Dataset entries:
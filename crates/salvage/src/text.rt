// What is found, in words.
ghost use Rattle.std.specs.Prelude.{◌++◌, ◌+◌, ◌≤◌, length};
ghost use Rattle.rules.specs.Sizes.{most_boxes, most_number};
ghost use Rattle.print.specs.Bytes.{bytes};
ghost use Rattle.print.specs.Decimal.{decimal};
ghost use Rattle.print.specs.Text.{Wrote};
ghost use Rattle.salvage.specs.Loads.{record_text, differs_text};
ghost use Rattle.salvage.specs.Tally.{tally_text};
ghost use Rattle.salvage.specs.Block.{
  field_text,
  link_text,
  mail_text,
  spot_text,
  found_text,
  general_line,
  box_line,
  mail_line,
};

use crate::loads::Tally;
use found::Spot;
use print::{put_byte, put_bytes, put_decimal};
use values::Field;

fn put_peer(out: &mut [u8], at: usize, k: u32) -> usize
    requires { at + 24 ≤ length out.old }
    ensures { Wrote 24 out.old out.new at result (bytes "peer" ++ decimal k) }
{
    let p = put_bytes(out, at, b"peer");
    put_decimal(out, p, k as u64)
}

fn put_field(out: &mut [u8], at: usize, f: Field) -> usize
    requires { at + 24 ≤ length out.old }
    ensures { Wrote 24 out.old out.new at result (field_text f) }
{
    match f {
        Field::Flag => put_bytes(out, at, b"flag"),
        Field::State => put_bytes(out, at, b"state"),
        Field::Phase => put_bytes(out, at, b"phase"),
        Field::Kind => put_bytes(out, at, b"kind"),
        Field::Pn => put_bytes(out, at, b"pn"),
        Field::Last => put_bytes(out, at, b"last"),
        Field::First => put_bytes(out, at, b"first"),
        Field::StoredPn => put_bytes(out, at, b"stored-pn"),
        Field::StoredNumber => put_bytes(out, at, b"stored-number"),
        Field::BestPn => put_bytes(out, at, b"best-pn"),
        Field::BestNumber => put_bytes(out, at, b"best-number"),
        Field::Answered => put_bytes(out, at, b"answered"),
        Field::Accepts => put_bytes(out, at, b"accept-set"),
        Field::Heard => put_bytes(out, at, b"heard-set"),
        Field::Best => put_bytes(out, at, b"best"),
        Field::Waiting => put_bytes(out, at, b"waiting"),
        Field::Agreeing => put_bytes(out, at, b"being-agreed"),
        Field::Peer(k) => put_peer(out, at, k),
        Field::Unagreed => put_bytes(out, at, b"unagreed-pn"),
        Field::Count => put_bytes(out, at, b"count"),
    }
}

// `recordK`
fn put_record(out: &mut [u8], at: usize, k: u64) -> usize
    requires { at + 26 ≤ length out.old }
    ensures { Wrote 26 out.old out.new at result (bytes "record" ++ decimal k) }
{
    let p = put_bytes(out, at, b"record");
    put_decimal(out, p, k)
}

// `A-B.`
fn put_link(out: &mut [u8], at: usize, a: u64, b: u64) -> usize
    requires { at + 42 ≤ length out.old }
    ensures { Wrote 42 out.old out.new at result (link_text a b) }
{
    let p = put_decimal(out, at, a);
    let p = put_byte(out, p, 45);
    let p = put_decimal(out, p, b);
    put_byte(out, p, 46)
}

// `A-B.count`
fn put_count(out: &mut [u8], at: usize, a: u64, b: u64) -> usize
    requires { at + 47 ≤ length out.old }
    ensures { Wrote 47 out.old out.new at result (link_text a b ++ bytes "count") }
{
    let p = put_link(out, at, a, b);
    put_bytes(out, p, b"count")
}

// `A-B.mailI.`
fn put_mail(out: &mut [u8], at: usize, a: u64, b: u64, i: u64) -> usize
    requires { at + 67 ≤ length out.old }
    ensures { Wrote 67 out.old out.new at result (mail_text a b i) }
{
    let p = put_link(out, at, a, b);
    let p = put_bytes(out, p, b"mail");
    let p = put_decimal(out, p, i);
    put_byte(out, p, 46)
}

fn put_mail_field(out: &mut [u8], at: usize, a: u64, b: u64, i: u64, f: Field) -> usize
    requires { at + 91 ≤ length out.old }
    ensures { Wrote 91 out.old out.new at result (mail_text a b i ++ field_text f) }
{
    let p = put_mail(out, at, a, b, i);
    put_field(out, p, f)
}

fn put_mail_record(out: &mut [u8], at: usize, a: u64, b: u64, i: u64, k: u64) -> usize
    requires { at + 93 ≤ length out.old }
    ensures { Wrote 93 out.old out.new at result
        (mail_text a b i ++ (bytes "record" ++ decimal k)) }
{
    let p = put_mail(out, at, a, b, i);
    put_record(out, p, k)
}

fn put_spot(out: &mut [u8], at: usize, s: Spot) -> usize
    requires { at + 93 ≤ length out.old }
    ensures { Wrote 93 out.old out.new at result (spot_text s) }
{
    match s {
        Spot::N => put_bytes(out, at, b"n"),
        Spot::J => put_bytes(out, at, b"J"),
        Spot::L => put_bytes(out, at, b"L"),
        Spot::Epoch => put_bytes(out, at, b"epoch"),
        Spot::Present => put_bytes(out, at, b"present"),
        Spot::At(f) => put_field(out, at, f),
        Spot::Record(k) => put_record(out, at, k),
        Spot::Link(a, b) => put_count(out, at, a, b),
        Spot::Mail(a, b, i, f) => put_mail_field(out, at, a, b, i, f),
        Spot::MailRecord(a, b, i, k) => put_mail_record(out, at, a, b, i, k),
        Spot::Rest => put_bytes(out, at, b"rest"),
    }
}

fn put_aside(out: &mut [u8], at: usize, s: Spot) -> usize
    requires { at + 105 ≤ length out.old }
    ensures { Wrote 105 out.old out.new at result (found_text (Err s)) }
{
    let p = put_bytes(out, at, b" set aside ");
    let p = put_spot(out, p, s);
    put_byte(out, p, 10)
}

fn put_found(out: &mut [u8], at: usize, f: Result<(), Spot>) -> usize
    requires { at + 105 ≤ length out.old }
    ensures { Wrote 105 out.old out.new at result (found_text f) }
{
    match f {
        Ok(_) => put_bytes(out, at, b" kept\n"),
        Err(s) => put_aside(out, at, s),
    }
}

pub(crate) fn put_general(out: &mut [u8], at: usize, f: Result<(), Spot>) -> usize
    requires { at + 160 ≤ length out.old }
    ensures { Wrote 160 out.old out.new at result (general_line f) }
{
    let p = put_bytes(out, at, b"body 1 general");
    put_found(out, p, f)
}

// Box b.
pub(crate) fn put_box(out: &mut [u8], at: usize, b: u64, f: Result<(), Spot>) -> usize
    requires { (at + 160 ≤ length out.old) × (b ≤ 5) }
    ensures { Wrote 160 out.old out.new at result (box_line b f) }
{
    let p = put_bytes(out, at, b"body ");
    let p = put_decimal(out, p, b + 1);
    let p = put_bytes(out, p, b" box ");
    let p = put_decimal(out, p, b);
    put_found(out, p, f)
}

// The mail, body i.
pub(crate) fn put_mails(out: &mut [u8], at: usize, i: u64, f: Result<(), Spot>) -> usize
    requires { at + 160 ≤ length out.old }
    ensures { Wrote 160 out.old out.new at result (mail_line i f) }
{
    let p = put_bytes(out, at, b"body ");
    let p = put_decimal(out, p, i);
    let p = put_bytes(out, p, b" mail");
    put_found(out, p, f)
}

fn put_kept(out: &mut [u8], at: usize, k: u64, r: u64, many: u64) -> usize
    requires { (at + 89 ≤ length out.old) × (k ≤ most_number) × (many ≤ most_boxes) }
    ensures { Wrote 40 out.old out.new at result (record_text k r many) }
{
    let p = put_bytes(out, at, b"load ");
    let p = put_decimal(out, p, k);
    let p = print::put_next(out, p, r / 4294967296);
    let p = print::put_next(out, p, r % 4294967296);
    let p = print::put_next(out, p, many);
    put_byte(out, p, 10)
}

fn put_differs(out: &mut [u8], at: usize, k: u64) -> usize
    requires { (at + 89 ≤ length out.old) × (k ≤ most_number) }
    ensures { Wrote 40 out.old out.new at result (differs_text k) }
{
    let p = put_bytes(out, at, b"load ");
    let p = put_decimal(out, p, k);
    put_bytes(out, p, b" differs\n")
}

// What the boxes keep for number k: nothing where none of them does.
pub(crate) fn put_load(out: &mut [u8], at: usize, k: u64, t: Tally) -> usize
    requires { (at + 89 ≤ length out.old) × (k ≤ most_number) × (t.many ≤ most_boxes) }
    ensures { Wrote 40 out.old out.new at result (tally_text k t) }
{
    if t.many == 0 {
        return at;
    }
    if t.differs {
        return put_differs(out, at, k);
    }
    put_kept(out, at, k, t.value, t.many)
}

Activity: Read through the data and copy every line where "What" shows up.

Answer section:
// What is found, in words.
// What the boxes keep for number k: nothing where none of them does.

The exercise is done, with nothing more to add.